NONPROBABILITY SAMPLING
Nonprobability sampling is less likely than probability sampling to produce representative samples. Despite this fact, most studies in nursing and other health disciplines rely on nonprobability samples.
Convenience Sampling
Convenience sampling entails using the most conveniently available people as participants. For example, a nurse who conducts a study of teenage risk-taking at a local high school is relying on a convenience sample. The problem with convenience sampling is that those who are available might be atypical of the population with regard to critical variables.
Sometimes, researchers seeking people with certain characteristics place an advertisement in a newspaper, put up signs in clinics, or post messages on online social media. These “convenient” approaches are subject to bias because people select themselves as volunteers in response to posted notices and likely differ from those who do not volunteer.
Snowball sampling (also called network sampling or chain sampling) is a variant of convenience sampling. With this approach, early sample members (called seeds) are asked to refer other people who meet the eligibility criteria. This approach is often used when the population involves people who might otherwise be difficult to identify (e.g., people who are afraid of hospitals).
Convenience sampling is the weakest form of sampling. In heterogeneous populations, there is no other sampling approach in which the risk of sampling bias is greater. Yet, convenience sampling is the most commonly used method in many disciplines.
Example of a Convenience Sample: Krueger and colleagues (2015) studied fetal response (fetal heart rate and movement) to live and recorded maternal speech following a history of fetal exposure to a passage spoken by the mother. The study participants were a convenience sample of 21 pregnant women.

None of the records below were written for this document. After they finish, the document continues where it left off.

// The segments of a local label, one by one.
ghost use Rattle.std.specs.Prelude.{◌≡◌};
ghost use Rattle.version_reading.specs.Segment.{BytesOf, segment_of, segment_text};

use crate::text::read_version;
use chars::class;
use chars::place::part;
use decimal::parse::parse_u64;
use version_parts::fields::Local;

// What a segment's bytes say: a number below 2^64, or text. No Option: text is a kind of segment, and not a number that is missing.
#[derive(Clone, Copy)]
pub enum Segment {
    Number(u64),
    Text,
}

pub fn segment_of(bytes: &[u8]) -> Segment
    ensures { result ≡ segment_of bytes.now }
{
    if class::run(bytes, class::DIGIT, class::DIGIT) != bytes.len() {
        return Segment::Text;
    }
    let Ok(n) = parse_u64(bytes) else {
        return Segment::Text;
    };
    Segment::Number(n)
}

// The bytes of the segment with that index, and none where there is no such segment.
pub fn segment_bytes(s: &[u8], local: Local, i: usize) -> &[u8]
    ensures { BytesOf s.now local i result.now }
{
    if local.len <= i {
        return &s[..0];
    }
    if 16 <= i {
        return &s[..0];
    }
    let span = local.spans[i];
    part(s, span.start as usize, span.end as usize)
}

// The text segment of a version's label with that index: none for a number, a missing segment or a refused text.
pub fn segment_text(s: &[u8], i: usize) -> &[u8]
    ensures { result.now ≡ segment_text s.now i }
{
    let read = read_version(s);
    let bytes = segment_bytes(s, read.version.local, i);
    let Segment::Text = segment_of(bytes) else {
        return &bytes[..0];
    };
    bytes
}
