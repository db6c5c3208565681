// Reading a version or a pattern from its text.
#![tactic(auto)]

pub mod label;
pub mod plain;
pub mod segment;
pub mod text;
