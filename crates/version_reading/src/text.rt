// A whole text: rules 1 to 9, in their order, as a version or as a pattern.
ghost use Rattle.std.specs.Prelude.{◌≤◌, ◌+◌, length};
ghost use Rattle.version_reading.specs.Reading.{Read, VersionRead, reading_of, starred, after_suffix, after_release, pattern_as, pattern_of, version_of};

use crate::label::read_label;
use crate::plain::{read_plain, whole};
use answers::Refusal;
use chars::case::beginning;
use chars::class;
use version_parts::fields::{Local, Pre, Version};
use version_parts::head::{Head, read_head};
use version_parts::suffix::read_suffix;

#[derive(Clone, Copy)]
pub enum Verdict {
    Accepted,
    Refused(Refusal),
}

// A version, and whether a wildcard stands after it. Where it is refused, the version is the blank one and there is no wildcard.
#[derive(Clone, Copy)]
pub struct PatternReading {
    pub verdict: Verdict,
    pub wildcard: bool,
    pub version: Version,
}

#[derive(Clone, Copy)]
pub struct VersionReading {
    pub verdict: Verdict,
    pub version: Version,
}

// Rule 4, at `.*` after the release.
fn read_wildcard(s: &[u8], head: Head, wildcards: bool) -> Result<(Version, bool), Refusal>
    requires { (head.at + 2 ≤ length s.now) × (length s.now ≤ 1024) × (head.release.len ≤ 16) }
    ensures { Read (starred wildcards s.now head) (reading_of result) }
{
    if !wildcards {
        return Err(Refusal {
            number: 6,
            place: head.at,
        });
    }
    if head.at + 2 < s.len() {
        return Err(Refusal {
            number: 7,
            place: head.at + 2,
        });
    }
    let version = Version {
        epoch: head.epoch,
        release: head.release,
        pre: None,
        post: None,
        dev: None,
        local: Local::none(),
    };
    Ok((version, true))
}

// Rules 8 and 9, from after the suffix on.
fn read_end(
    s: &[u8],
    head: Head,
    pre: Option<Pre>,
    post: Option<u64>,
    dev: Option<u64>,
    at: usize,
) -> Result<(Version, bool), Refusal>
    requires { (at ≤ length s.now) × (length s.now ≤ 1024) × (head.release.len ≤ 16) }
    ensures { Read (after_suffix s.now head pre post dev at) (reading_of result) }
{
    let (local, from) = read_label(s, at)?;
    let end = from + class::run(&s[from..], class::BLANK, class::BLANK);
    if end < s.len() {
        return Err(Refusal {
            number: 5,
            place: end,
        });
    }
    let version = Version {
        epoch: head.epoch,
        release: head.release,
        pre,
        post,
        dev,
        local,
    };
    Ok((version, false))
}

// Rules 5 to 9, from after the release on.
fn read_rest(s: &[u8], head: Head) -> Result<(Version, bool), Refusal>
    requires { (head.at ≤ length s.now) × (length s.now ≤ 1024) × (head.release.len ≤ 16) }
    ensures { Read (after_release s.now head) (reading_of result) }
{
    let ((pre, post, dev), next) = read_suffix(s, head.at)?;
    read_end(s, head, pre, post, dev, next)
}

// Rules 1 to 9: the version, and whether a wildcard stands after it.
fn read_all(s: &[u8], wildcards: bool) -> Result<(Version, bool), Refusal>
    ensures { Read (pattern_as wildcards s.now) (reading_of result) }
{
    if 1024 < s.len() {
        return Err(Refusal {
            number: 8,
            place: 1024,
        });
    }
    let head = read_head(s)?;
    if beginning(&s[head.at..], b".*") != 0 {
        return read_wildcard(s, head, wildcards);
    }
    read_rest(s, head)
}

// Any text, by the rules alone: for a caller that has tried `read_plain`. `wildcards` says whether a wildcard may follow the version.
pub fn read_by_rules(s: &[u8], wildcards: bool) -> PatternReading
    ensures { Read (pattern_as wildcards s.now) result }
{
    match read_all(s, wildcards) {
        Ok((version, wildcard)) => PatternReading {
            verdict: Verdict::Accepted,
            wildcard,
            version,
        },
        Err(refusal) => PatternReading {
            verdict: Verdict::Refused(refusal),
            wildcard: false,
            version: Version::none(),
        },
    }
}

// Most texts are plain versions; the others are read by the rules.
fn read_as(s: &[u8], wildcards: bool) -> PatternReading
    ensures { Read (pattern_as wildcards s.now) result }
{
    if let Some(plain) = read_plain(s) {
        return PatternReading {
            verdict: Verdict::Accepted,
            wildcard: false,
            version: whole(plain),
        };
    }
    read_by_rules(s, wildcards)
}

pub fn read_pattern(s: &[u8]) -> PatternReading
    ensures { Read (pattern_of s.now) result }
{
    read_as(s, true)
}

pub fn read_version(s: &[u8]) -> VersionReading
    ensures { VersionRead (version_of s.now) result }
{
    let read = read_as(s, false);
    VersionReading {
        verdict: read.verdict,
        version: read.version,
    }
}
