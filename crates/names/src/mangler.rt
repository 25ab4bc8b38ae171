// ARM64EC function names: a port of mangler.rs.
ghost use Rattle.std.specs.Prelude.{◌≤◌, ◌≡◌, ◌∷◌, length};
ghost use Rattle.format.specs.Names.{hash, tag, find};
ghost use Rattle.search.specs.Search.{place_of};
ghost use Rattle.names.specs.Built.{Built};
ghost use Rattle.names.specs.Mangler.{mangling_of, Demangles};

use crate::built::{BuiltName, fresh, lay};
use search::{find, starts_with};

// How many bytes the tag `$$h` has.
pub const TAG_LEN: usize = 3;

// What mangling a name comes to.
#[derive(Clone, Copy, Debug, PartialEq, Eq)]
pub enum Mangling {
    // A `#` goes before it.
    Prefix,
    // It is mangled already.
    Mangled,
}

// What demangling a name comes to.
#[derive(Clone, Copy, Debug, PartialEq, Eq)]
pub enum Demangled {
    // All but its first byte.
    Dropped,
    // All but the three bytes at a place.
    Cut { at: usize },
}

// Where the tag of a mangled C++ name first stands.
fn find_tag(name: &[u8]) -> Option<usize>
    ensures { result ≡ place_of (find tag name.now) }
{
    find(b"$$h", name)
}

// How a name is mangled; None where it is not known where the `$$h` of a C++ name goes. Of an empty one: as any that is not C++.
pub fn get_arm64ec_mangled_function_name(name: &[u8]) -> Option<Mangling>
    ensures { result ≡ mangling_of name.now }
{
    if !starts_with(name, b'?') {
        // For non-C++ symbols, prefix the name with "#" unless it's already mangled.
        if starts_with(name, b'#') {
            return Some(Mangling::Mangled);
        }
        return Some(Mangling::Prefix);
    }
    // If the name contains $$h, then it is already mangled.
    find_tag(name)?;
    Some(Mangling::Mangled)
}

// A name with `#` before it.
pub fn mangled(name: &[u8]) -> BuiltName
    requires { length name.now ≤ 8189 }
    ensures { Built (hash ∷ name.now) result }
{
    let mut m = fresh();
    let at = lay(&mut m.bytes, 0, b"#");
    let n = lay(&mut m.bytes, at, name);
    m.len = n;
    m
}

// How a name is demangled; None where it is not. An empty one is not, and `#` alone is no function's.
pub fn get_arm64ec_demangled_function_name(name: &[u8]) -> Option<Demangled>
    ensures { Demangles name.now result }
{
    // For non-C++ names, drop the "#" prefix.
    if starts_with(name, b'#') {
        if name.len() == 1 {
            return None;
        }
        return Some(Demangled::Dropped);
    }
    if !starts_with(name, b'?') {
        return None;
    }
    // Drop the ARM64EC "$$h" tag.
    let at = find_tag(name)?;
    if at + TAG_LEN == name.len() {
        return None;
    }
    Some(Demangled::Cut { at })
}
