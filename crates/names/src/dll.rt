// The DLL name.
ghost use Rattle.std.specs.Prelude.{◌≡◌};
ghost use Rattle.std.specs.List.{list_any};
ghost use Rattle.format.specs.Names.{barred_dll};
ghost use Rattle.names.specs.Dll.{IsLastDot, Stem, separates};

// How long a name that is dots alone may be.
const DOTS: usize = 2;

// Where the last dot stands.
fn last_dot(dll: &[u8]) -> Option<usize>
    ensures { IsLastDot dll.now result }
{
    dll.iter().rposition(|&x| x == b'.')
}

// How long the stem is: the bytes before the last dot; all of them where there is none, or only a leading one.
pub fn stem(dll: &[u8]) -> usize
    ensures { Stem dll.now result }
{
    match last_dot(dll) {
        Some(at) if 0 < at => at,
        _ => dll.len(),
    }
}

// Whether a byte of a DLL name is `/`, `\` or `:`.
fn separated(dll: &[u8]) -> bool
    ensures { result ≡ list_any separates dll.now }
{
    dll.iter().any(|x| matches!(x, b'/' | b'\\' | b':'))
}

// Whether it is `.` or `..`, or holds `/`, `\` or `:`.
pub fn barred(dll: &[u8]) -> bool
    ensures { result ≡ barred_dll dll.now }
{
    if DOTS < dll.len() {
        return separated(dll);
    }
    if wire::same(dll, b".") {
        return true;
    }
    if wire::same(dll, b"..") {
        return true;
    }
    separated(dll)
}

TIP: Rigorous methods of sampling hidden populations, such as the homeless or injection drug users, are emerging. Because standard probability sampling is inappropriate for such hidden populations, a method called respondent-driven sampling (RDS), a variant of snowball sampling, has been developed. RDS, unlike traditional snowballing, allows the assessment of relative inclusion probabilities based on mathematical models (Magnani et al., 2005). McCreesh and colleagues (2012) have undertaken a recent evaluation of RDS.
Quota Sampling
A quota sample is one in which the researcher identifies population strata and determines how many participants are needed from each stratum. By using information about population characteristics, researchers can ensure that diverse segments are represented in the sample, in the proportion in which they occur in the population.

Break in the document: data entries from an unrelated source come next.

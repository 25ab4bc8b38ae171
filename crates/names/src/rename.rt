// The public name of an export that has an ext_name.
ghost use Rattle.std.specs.Prelude.{◌+◌, ◌-◌, ◌≤◌, ◌≡◌, ◌++◌, length, take, drop};
ghost use Rattle.format.specs.Names.{replace_once, replace};
ghost use Rattle.names.specs.Rename.{Located, Renamed, Room, spliced_of};
ghost use Rattle.names.specs.Built.{Built};

use crate::built::{BuiltName, fresh, lay};
use search::{find, starts_with};

// How a name comes about: the bytes of s from at to end are replaced by those of to from skip on.
#[derive(Clone, Copy, Debug, PartialEq, Eq)]
pub struct Splice {
    pub at: usize,
    pub end: usize,
    pub skip: usize,
}

// One search: the first occurrence of from without its first skip bytes, for to without as many.
fn locate_once(s: &[u8], from: &[u8], to: &[u8], skip: usize) -> Option<Splice>
    requires { (skip ≤ length from.now) × (skip ≤ length to.now) }
    ensures { Located s.now to.now (replace_once s.now (drop skip from.now) (drop skip to.now)) result }
{
    let at = find(&from[skip..], s)?;
    Some(Splice {
        at,
        end: at + (from.len() - skip),
        skip,
    })
}

// Where from is replaced by to in s, with nothing built.
pub fn locate(s: &[u8], from: &[u8], to: &[u8]) -> Option<Splice>
    ensures { Located s.now to.now (replace s.now from.now to.now) result }
{
    if let Some(whole) = locate_once(s, from, to, 0) {
        return Some(whole);
    }
    // from and to may be mangled, but what stands in s may not
    if starts_with(from, b'_') && starts_with(to, b'_') {
        return locate_once(s, from, to, 1);
    }
    None
}

// The bytes of s, with a part of them replaced by bytes of to.
pub fn spliced(s: &[u8], to: &[u8], p: Splice) -> BuiltName
    requires { Room s.now to.now p }
    ensures { Built (spliced_of s.now to.now p) result }
{
    let mut m = fresh();
    let a = lay(&mut m.bytes, 0, &s[..p.at]);
    let b = lay(&mut m.bytes, a, &to[p.skip..]);
    let n = lay(&mut m.bytes, b, &s[p.end..]);
    m.len = n;
    m
}

// s with the first occurrence of from replaced by to; where none occurs and both start with `_`, once more without it.
pub fn replace(s: &[u8], from: &[u8], to: &[u8]) -> Option<BuiltName>
    requires { (length s.now ≤ 4095) × (1 ≤ length from.now) × (length to.now ≤ 4095) }
    ensures { Renamed (replace s.now from.now to.now) result }
{
    let p = locate(s, from, to)?;
    Some(spliced(s, to, p))
}
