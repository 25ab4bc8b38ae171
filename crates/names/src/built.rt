// A name of up to 8,190 bytes held with its length. It is filled in place, by renaming and by ARM64EC mangling alone.
ghost use Rattle.std.specs.Prelude.{◌≡◌, ◌≤◌, length, replicate};
ghost use Rattle.wire.specs.Writes.{Wrote};

// The scope paper binds this form: a struct of a byte array and its length, by value.
#[derive(Clone, Copy)]
pub struct BuiltName {
    pub bytes: [u8; 8192],
    pub len: usize,
    pub ghost within: { len ≤ length bytes },
}

impl BuiltName {
    ghost use Rattle.wire.specs.Bytes.{same};
    ghost use Rattle.names.specs.Built.{name_of};

    // Its used part.
    pub fn as_slice(&self) -> &[u8]
        ensures bytes { result.now ≡ name_of self.now }
        ensures len { length result.now ≡ self.now.len }
    {
        &self.bytes[..self.len]
    }

    // Whether it is s. Only its used part is compared.
    pub fn equals(&self, s: &[u8]) -> bool
        ensures { result ≡ same (name_of self.now) s.now }
    {
        wire::same(self.as_slice(), s)
    }
}

// A fresh one: zero throughout, with nothing used.
pub fn fresh() -> BuiltName
    ensures { (result.len ≡ 0) × (result.bytes ≡ replicate 8192 0) }
{
    BuiltName {
        bytes: [0u8; 8192],
        len: 0,
    }
}

// Writes all of s at a place of a built name's bytes, and nothing else. Returns the next place.
pub fn lay(bytes: &mut [u8; 8192], at: usize, s: &[u8]) -> usize
    requires { length bytes.old ≡ 8192 }
    ensures { Wrote bytes.old at s.now bytes.new result }
{
    wire::put(bytes, at, s)
}
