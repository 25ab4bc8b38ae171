// Name types.
ghost use Rattle.std.specs.Prelude.{◌≤◌, ◌≡◌, ◌&&◌, not, eqb, length, if◌then◌else◌};
ghost use Rattle.wire.specs.Bytes.{starts, holds};
ghost use Rattle.format.specs.Machines.{i386};
ghost use Rattle.format.specs.Names.{underscore, at_sign, prefixed, plain_type};
ghost use Rattle.coff.specs.Import.{type_number};
ghost use Rattle.names.specs.Types.{Applied};

use coff::constants::IMAGE_FILE_MACHINE_I386;
use coff::import::ImportNameType;
use format::Span;
use search::starts_with;

// How many bytes noprefix drops: one leading `?`, `@` or `_`.
#[tactic(auto, unfolding(format::specs::Names::prefixed, wire::specs::Bytes::starts))]
fn ltrim1(name: &[u8]) -> usize
    ensures { (result ≡ prefixed name.now) × (result ≤ length name.now) }
{
    match name.first() {
        Some(b'?' | b'@' | b'_') => 1,
        _ => 0,
    }
}

// A type applied to a name: the part of the name that is left.
pub fn apply_name_type(t: ImportNameType, name: &[u8]) -> Span
    ensures { Applied (type_number t) name.now result }
{
    match t {
        ImportNameType::NameNoprefix => {
            let n = ltrim1(name);
            Span {
                start: n,
                length: name.len() - n,
            }
        }
        ImportNameType::NameUndecorate => {
            let n = ltrim1(name);
            Span {
                start: n,
                length: wire::index_of(&name[n..], b'@'),
            }
        }
        ImportNameType::Ordinal | ImportNameType::Name | ImportNameType::NameExportas => Span {
            start: 0,
            length: name.len(),
        },
    }
}

// Whether a name is decorated as MSVC exports it: with a leading underscore, and `@`.
fn decorated(name: &[u8], mingw: bool) -> bool
    ensures { result ≡ (starts underscore name.now && holds at_sign name.now && not mingw) }
{
    starts_with(name, b'_') && wire::holds(name, b'@') && !mingw
}

// The type of an undecorated name that is its own base.
fn bare_type(base: &[u8], machine: u16) -> ImportNameType
    ensures { type_number result ≡ (if eqb machine i386 && starts underscore base.now then 2 else 1) }
{
    if machine == IMAGE_FILE_MACHINE_I386 && starts_with(base, b'_') {
        return ImportNameType::NameNoprefix;
    }
    ImportNameType::Name
}

// The type of an export that names no other, by its base and its name.
pub fn get_name_type(base: &[u8], name: &[u8], machine: u16, mingw: bool) -> ImportNameType
    ensures { type_number result ≡ plain_type machine mingw base.now name.now }
{
    // A decorated stdcall function in MSVC is exported with the type IMPORT_NAME, and the exported function name includes
    // the leading underscore. In MinGW on the other hand, a decorated stdcall function still omits the underscore
    // (IMPORT_NAME_NOPREFIX).
    if decorated(name, mingw) {
        return ImportNameType::Name;
    }
    if !wire::same(base, name) {
        return ImportNameType::NameUndecorate;
    }
    bare_type(base, machine)
}

// The same where the base is the name: nothing is compared.
pub fn get_own_type(name: &[u8], machine: u16, mingw: bool) -> ImportNameType
    ensures { type_number result ≡ plain_type machine mingw name.now name.now }
{
    if decorated(name, mingw) {
        return ImportNameType::Name;
    }
    bare_type(name, machine)
}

Suppose we were interested in studying nursing students’ attitude toward working with AIDS patients. The accessible population is a school of nursing with 500 undergraduate students; a sample of 100 students is desired. The easiest procedure would be to distribute questionnaires in classrooms through convenience sampling. Suppose, however, that we suspect that male and female students have different attitudes. A convenience sample might result in too many men or women. Table 12.1 presents fictitious data showing the gender distribution for the population and for a convenience sample (second and third columns). In this example, the convenience sample overrepresents women and underrepresents men. We can, however, establish “quotas” so that the sample includes the appropriate number of participants from both strata. The far-right column of Table 12.1 shows the number of men and women required for a quota sample for this example.